= Andrew Wilson (historian) =

English political scientist (born 1961)

Andrew Wilson (born 1961) is a British historian and political scientist specializing in Eastern Europe, particularly Ukraine. He is a Senior Policy Fellow at the European Council on Foreign Relations, and Professor in Ukrainian studies at the School of Slavonic and East European Studies at University College London. He wrote The Ukrainians: The Story of How a People Became a Nation (the first four editions were titled The Ukrainians: An Unexpected Nation) and Virtual Politics: Faking Democracy in the Post-Soviet World.

Wilson is a member of the Ukraine Today media organization's International Supervisory Council.

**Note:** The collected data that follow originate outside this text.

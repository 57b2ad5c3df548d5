//! The one walk over the places of two vectors: what is made at each of them is a step.

ghost use Rattle.std.specs.Prelude.{◌≡◌, ◌*◌, ◌<◌, IfOk, length};
ghost use Rattle.std.specs.List.{All};
ghost use Rattle.aig_words.specs.Words.{Grew, Obeyed};
ghost use Rattle.fourvec.specs.Bits.{each_pair};
ghost use Rattle.pair_words.specs.Rails.{bit_at, bits, IsWired, IsVector};
ghost use Rattle.pair_words.specs.Steps.{step_value, step_nodes, StepIn};

use crate::pairs::{One, Pair, Two, kept, one_bit, pair_or_x, pick_pair, two_bits};
use aig::{Aig, Lit};
use std::alloc::{AllocError, Global};

/// What is made of the pairs at one place: an operator of the first or of both, the first where a literal is true and else the second or
/// X, or the first as far as it equals one pair that is the same for all places.
#[derive(Clone, Copy)]
pub enum Step {
    Apply(One),
    Join(Two),
    Pick(Lit),
    OrX(Lit),
    KeepBy(Pair),
}

// The step at one place.
fn stepped(aig: &mut Aig, step: Step, a: Pair, b: Pair) -> Result<Pair, AllocError>
    requires step_in { StepIn aig.old step }
    requires a_in { IsWired aig.old a }
    requires b_in { IsWired aig.old b }
    ensures grew { Grew (step_nodes step) aig.old aig.new }
    ensures within { IfOk result (λ r. IsWired aig.new r) }
    ensures value { IfOk result (λ r. Obeyed aig.new (λ v. bit_at v r ≡ step_value v step (bit_at v a) (bit_at v b))) }
{
    match step {
        Step::Apply(op) => one_bit(aig, op, a),
        Step::Join(op) => two_bits(aig, op, a, b),
        Step::Pick(c) => pick_pair(aig, c, a, b),
        Step::OrX(c) => pair_or_x(aig, c, a),
        Step::KeepBy(p) => kept(aig, a, p),
    }
}

/// The step at each place.
pub fn each_place(
    alloc: Global,
    aig: &mut Aig,
    step: Step,
    a: &[Pair],
    b: &[Pair],
) -> Result<Vec<Pair>, AllocError>
    requires same { length a.now ≡ length b.now }
    requires step_in { StepIn aig.old step }
    requires a_in { All (IsWired aig.old) a.now }
    requires b_in { All (IsWired aig.old) b.now }
    ensures grew { Grew (step_nodes step * length a.now) aig.old aig.new }
    ensures word { IfOk result (λ r. IsVector aig.new (length a.now) r.items) }
    ensures value { IfOk result (λ r. Obeyed aig.new (λ v. bits v r.items ≡ each_pair (step_value v step) (bits v a.now) (bits v b.now))) }
{
    let mut word = Vec::new(alloc);
    for i in 0..a.len() {
        let next = stepped(aig, step, a[i], b[i])?;
        word.push(next)?;
    }
    Ok(word)
}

He was born in Cumbria, England.

==Works==
- Ukraine: Perestroika to Independence (with Taras Kuzio), New York, St. Martin's Press, 1994, xiv, 260p. ISBN 0-312-08652-0.
- Wilson, Andrew (1996). "Ukrainian Nationalism in the 1990s: A Minority Faith"
- The Ukrainians: The Story of How a People Became a Nation, New Haven: Yale University Press, 2000, 2015, xviii, 366p. ISBN 0-300-08355-6, 2nd edition 2002 ISBN 0-300-09309-8, 3rd edition 2009 ISBN 978-0300154764, 4th edition 2015 ISBN 978-0300217254, 5th edition 2022 ISBN 978-0300269406.
- Virtual Politics: Faking Democracy in the Post-Soviet World, Yale University Press, 2005, ISBN 0-300-09545-7.
- Ukraine's Orange Revolution, Yale University Press, 2005, ISBN 0-300-11290-4.
- Belarus: The Last European Dictatorship, Yale University Press, 2012, ISBN 978-0-300-13435-3.
- Ukraine Crisis: What it Means for the West, Yale University Press, 2014, ISBN 978-0-300-21159-7.